* **Task requirements**: Count how many lines hold "String" in the records, and respond with that number by itself.

* **Data shown**:

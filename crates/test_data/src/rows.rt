// What is read of texts and sources, and what is refused.
use crate::looks::{Row, code_of, each_holds, holds, is_pretty, is_refused, read};
use json_data::{
    Deserialize, IgnoredAny, from_reader, from_slice, from_slice_unchecked, from_slice_with,
};
use json_number::RawNumber;
use json_text::ErrorCode::{
    DuplicateKey, EofWhileParsing, ExpectedNumericKey, InvalidJsonValue, NumberOutOfRange,
    TrailingCharacters, TypeUnmatched,
};
use json_text::{ErrorCode, FakeSource, Place, Result, Rules, SliceSource};
use std::alloc::Global;
use std::borrow::CowStr;
use std::collections::BTreeMap;
use test_samples::nested::Nested;
use test_samples::person::Person;

// Whether a text is refused as a value of the type, at this offset.
fn refuses<'a, T: Deserialize<'a> + Drop>(
    alloc: Global,
    text: &'a str,
    code: ErrorCode,
    offset: usize,
) -> bool {
    is_refused(read::<T>(alloc, text), code, offset)
}

fn scalars_are_refused(alloc: Global) -> bool {
    refuses::<u8>(alloc, "256", NumberOutOfRange, 0)
        && refuses::<u8>(alloc, "1.0", TypeUnmatched, 0)
        && refuses::<i8>(alloc, " -0", TypeUnmatched, 1)
        && refuses::<bool>(alloc, "{\"a\":[1,}", InvalidJsonValue, 8)
        && refuses::<char>(alloc, "\"ab\"", TypeUnmatched, 0)
}

fn others_are_refused(alloc: Global) -> bool {
    refuses::<(u8, u8)>(alloc, "[1]", TypeUnmatched, 0)
        && refuses::<IgnoredAny>(alloc, "-1e-1.111", TrailingCharacters, 5)
}

#[test]
fn refusals_with_their_places(rt: HostRuntime) {
    assert!(rt; scalars_are_refused(rt.alloc()));
    assert!(rt; others_are_refused(rt.alloc()));
}

type Flags = BTreeMap<u8, bool>;

// A text of flags by their numbers, and the code of what is refused.
struct FlagKey {
    json: &'static str,
    code: Option<ErrorCode>,
}

impl Row for FlagKey {
    fn text(&self) -> &'static str {
        self.json
    }

    fn holds(&self, alloc: Global) -> bool {
        code_of(read::<Flags>(alloc, self.json)) == self.code
    }
}

const KEYS: &[FlagKey] = &[
    FlagKey {
        json: "{\"1x\":true}",
        code: Some(ExpectedNumericKey),
    },
    FlagKey {
        json: "{\"300\":true}",
        code: Some(NumberOutOfRange),
    },
    FlagKey {
        json: "{\"1.5\":true}",
        code: Some(TypeUnmatched),
    },
    FlagKey {
        json: "{\"7\":true}",
        code: None,
    },
];

#[test]
fn keys_of_maps(rt: HostRuntime) {
    each_holds(&rt, rt.alloc(), KEYS);
    let text = "{\"x\":256,\"y\":";
    assert!(rt; refuses::<BTreeMap<String, u8>>(rt.alloc(), text, EofWhileParsing, 13));
}

fn literal_is_read(alloc: Global) -> Result<bool> {
    Ok(read::<RawNumber>(alloc, "\"0.123\"")?.as_str() == "0.123")
}

// What a source is read as by a room.
fn read_source<'a, 'b, T: Deserialize<'a> + Drop>(
    alloc: Global,
    bytes: &'b [u8],
    room: &'a mut Vec<u8>,
) -> Result<T> {
    let mut source = SliceSource::new(bytes);
    from_reader::<SliceSource, T>(alloc, &mut source, room)
}

fn number_of_source(alloc: Global) -> Result<bool> {
    let mut room = Vec::new(alloc);
    Ok(read_source::<u8>(alloc, b" 7", &mut room)? == 7)
}

// A room that holds something.
fn filled(alloc: Global) -> Result<Vec<u8>> {
    let mut room = Vec::new(alloc);
    room.extend_from_slice(b"kept")?;
    Ok(room)
}

// Whether a source fails at its second read.
fn source_fails(alloc: Global, room: &mut Vec<u8>) -> bool {
    let mut source = FakeSource::new(b"[1, 2]", 3, &[1]);
    match from_reader::<FakeSource, IgnoredAny>(alloc, &mut source, room) {
        Ok(_) => false,
        Err(error) => error.code == ErrorCode::Io && error.place == Place::Reading,
    }
}

// Whether a source that fails at its second read leaves the room as it was.
fn room_is_kept(alloc: Global) -> Result<bool> {
    let mut room = filled(alloc)?;
    Ok(source_fails(alloc, &mut room) && room.as_slice() == b"kept".as_slice())
}

// Whether a room that held something holds exactly what was read.
fn room_is_filled(alloc: Global) -> Result<bool> {
    let mut room = filled(alloc)?;
    let read = read_source::<u8>(alloc, b" 7", &mut room).is_ok();
    Ok(read && room.as_slice() == b" 7".as_slice())
}

// Whether the room holds the text that is refused, in place of what it held.
fn room_holds_a_refused_text(alloc: Global) -> Result<bool> {
    let mut room = filled(alloc)?;
    let refused = read_source::<IgnoredAny>(alloc, b"[1,", &mut room).is_err();
    Ok(refused && room.as_slice() == b"[1,".as_slice())
}

#[test]
fn a_room_that_held_something(rt: HostRuntime) {
    let alloc = rt.alloc();
    assert!(rt; holds(room_is_kept(alloc)));
    assert!(rt; holds(room_is_filled(alloc)));
    assert!(rt; holds(room_holds_a_refused_text(alloc)));
}

// Whether the text is lent where it has no escape, and copied where it has one.
fn is_lent(alloc: Global, text: &str) -> bool {
    match read::<CowStr>(alloc, text) {
        Ok(text) => matches!(&text, CowStr::Borrowed(_)),
        Err(_) => false,
    }
}

#[test]
fn texts_without_an_escape_are_lent(rt: HostRuntime) {
    let alloc = rt.alloc();
    assert!(rt; is_lent(alloc, "\"a\""));
    assert!(rt; is_lent(alloc, " \"\u{e9}\""));
    assert!(rt; !is_lent(alloc, "\"\\n\""));
}

// Whether a name that repeats is refused by the rules.
fn rules_refuse(alloc: Global) -> bool {
    match Rules::new(1, true) {
        Some(rules) => {
            let read = from_slice_with::<IgnoredAny>(alloc, b"{\"a\":1,\"a\":2}", rules);
            is_refused(read, DuplicateKey, 7)
        }
        None => false,
    }
}

fn slices_are_read(alloc: Global) -> bool {
    matches!(from_slice_unchecked::<u8>(alloc, b"7"), Ok(7))
        && matches!(from_slice::<u8>(alloc, b"7"), Ok(7))
}

fn character_is_read(alloc: Global) -> bool {
    matches!(read::<char>(alloc, "\"\\u00e9\""), Ok('\u{e9}'))
}

#[test]
fn values_of_other_calls(rt: HostRuntime) {
    let alloc = rt.alloc();
    assert!(rt; holds(literal_is_read(alloc)));
    assert!(rt; character_is_read(alloc));
    assert!(rt; slices_are_read(alloc));
    assert!(rt; rules_refuse(alloc));
    assert!(rt; holds(number_of_source(alloc)));
}

fn is_xiaoming(person: &Person) -> bool {
    person.name.as_str() == "Xiaoming" && person.age == 18 && person.phones.len() == 1
}

fn person_is_read(alloc: Global, text: &str) -> Result<bool> {
    Ok(is_xiaoming(&read::<Person>(alloc, text)?))
}

#[test]
fn a_person_with_members_in_any_order(rt: HostRuntime) {
    let alloc = rt.alloc();
    let text = "{\"age\": 18, \"x\": [{}], \"phones\": [\"+123456\"], \"name\": \"Xiaoming\"}";
    assert!(rt; holds(person_is_read(alloc, text)));
    assert!(rt; refuses::<Person>(alloc, "{\"age\": 18}", TypeUnmatched, 0));
    assert!(rt; refuses::<Person>(alloc, "{\"age\": 256, \"name\": 1}", NumberOutOfRange, 0));
}

fn person_is_printed(alloc: Global, text: &str) -> Result<bool> {
    is_pretty(alloc, &read::<Person>(alloc, text)?, text)
}

#[test]
fn a_person_is_printed_as_it_was_read(rt: HostRuntime) {
    let text =
        "{\n  \"name\": \"Xiaoming\",\n  \"age\": 18,\n  \"phones\": [\n    \"+123456\"\n  ]\n}";
    assert!(rt; holds(person_is_printed(rt.alloc(), text)));
}

// How many elements a list has; of a number none is returned.
fn elements(nested: &Nested) -> Option<usize> {
    match nested {
        Nested::List(all) => Some(all.len()),
        Nested::Number(_) => None,
    }
}

fn elements_read(alloc: Global, text: &str) -> Result<Option<usize>> {
    Ok(elements(&read::<Nested>(alloc, text)?))
}

#[test]
fn lists_within_lists(rt: HostRuntime) {
    let alloc = rt.alloc();
    assert!(rt; matches!(elements_read(alloc, "[1,[2,[]],3]"), Ok(Some(3))));
    assert!(rt; refuses::<Nested>(alloc, "[1,[2,true],256]", TypeUnmatched, 0));
}

// How many elements are read, if a list is.
fn elements_of<'a, T: Deserialize<'a> + Drop>(alloc: Global, text: &'a str) -> Option<usize> {
    match read::<Vec<T>>(alloc, text) {
        Ok(all) => Some(all.len()),
        Err(_) => None,
    }
}

#[test]
fn lists_of_containers(rt: HostRuntime) {
    let alloc = rt.alloc();
    assert!(rt; elements_of::<Vec<u8>>(alloc, "[[1,2],[], [3]]") == Some(3));
    assert!(rt; elements_of::<(u8, String)>(alloc, "[[1,\"a\"],[2 , \"\\n\"]]") == Some(2));
    assert!(rt; elements_of::<BTreeMap<String, u8>>(alloc, "[{}, {\"a\":1,\"b\":2}]") == Some(2));
    assert!(rt; elements_of::<Option<Vec<u8>>>(alloc, "[null,[1],null]") == Some(3));
    assert!(rt; elements_of::<Person>(alloc, "[{\"name\":\"a\",\"age\":1}]") == Some(1));
}

fn pairs_are_refused(alloc: Global) -> bool {
    refuses::<Vec<(u8, u8)>>(alloc, "[[1,2],[3,4,5]]", TypeUnmatched, 0)
        && refuses::<Vec<(u8, u8)>>(alloc, "[[1,2],[3],[4,}]", InvalidJsonValue, 14)
}

#[test]
fn containers_that_are_refused_within_lists(rt: HostRuntime) {
    let alloc = rt.alloc();
    assert!(rt; refuses::<Vec<Vec<u8>>>(alloc, " [[1],null]", TypeUnmatched, 1));
    assert!(rt; pairs_are_refused(alloc));
    let past = "[{\"a\":256},{}]";
    assert!(rt; refuses::<Vec<BTreeMap<String, u8>>>(alloc, past, NumberOutOfRange, 0));
    assert!(rt; refuses::<Vec<Person>>(alloc, "[{\"age\":1}]", TypeUnmatched, 0));
}

// A text of no list of triples, and the code and the offset with which it is refused.
struct NoTriples {
    json: &'static str,
    code: ErrorCode,
    offset: usize,
}

impl Row for NoTriples {
    fn text(&self) -> &'static str {
        self.json
    }

    fn holds(&self, alloc: Global) -> bool {
        let triples = read::<Vec<(u8, u8, u8)>>(alloc, self.json);
        is_refused(triples, self.code, self.offset)
    }
}

const NO_TRIPLES: &[NoTriples] = &[
    NoTriples {
        json: "[[1,2,3],[4,5]]",
        code: TypeUnmatched,
        offset: 0,
    },
    NoTriples {
        json: " [[1,2,3],[4,5,6,7]]",
        code: TypeUnmatched,
        offset: 1,
    },
    NoTriples {
        json: "[[1,2,3],[4,5,256]]",
        code: NumberOutOfRange,
        offset: 0,
    },
    NoTriples {
        json: "[[1,2,300],[4]]",
        code: NumberOutOfRange,
        offset: 0,
    },
    NoTriples {
        json: "[[1,true,300]]",
        code: TypeUnmatched,
        offset: 0,
    },
    NoTriples {
        json: "[[1,2],[4,}]",
        code: InvalidJsonValue,
        offset: 10,
    },
    NoTriples {
        json: "[[1,2,3,4,}]",
        code: InvalidJsonValue,
        offset: 10,
    },
    NoTriples {
        json: "[[1,true,x]]",
        code: InvalidJsonValue,
        offset: 9,
    },
    NoTriples {
        json: "[[1,2,3],[4,5",
        code: EofWhileParsing,
        offset: 13,
    },
];

#[test]
fn triples_that_are_refused(rt: HostRuntime) {
    each_holds(&rt, rt.alloc(), NO_TRIPLES);
}

// What is read at the key `é`.
fn at_accent(alloc: Global, text: &str) -> Result<Option<u8>> {
    let map = read::<BTreeMap<char, u8>>(alloc, text)?;
    match map.get(&'\u{e9}') {
        Some(number) => Ok(Some(*number)),
        None => Ok(None),
    }
}

#[test]
fn characters_as_keys(rt: HostRuntime) {
    let alloc = rt.alloc();
    assert!(rt; matches!(at_accent(alloc, "{\"\\u00e9\":1,\"a\":2}"), Ok(Some(1))));
    assert!(rt; is_refused(at_accent(alloc, "{\"ab\":1}"), TypeUnmatched, 0));
}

* **Solution**: 4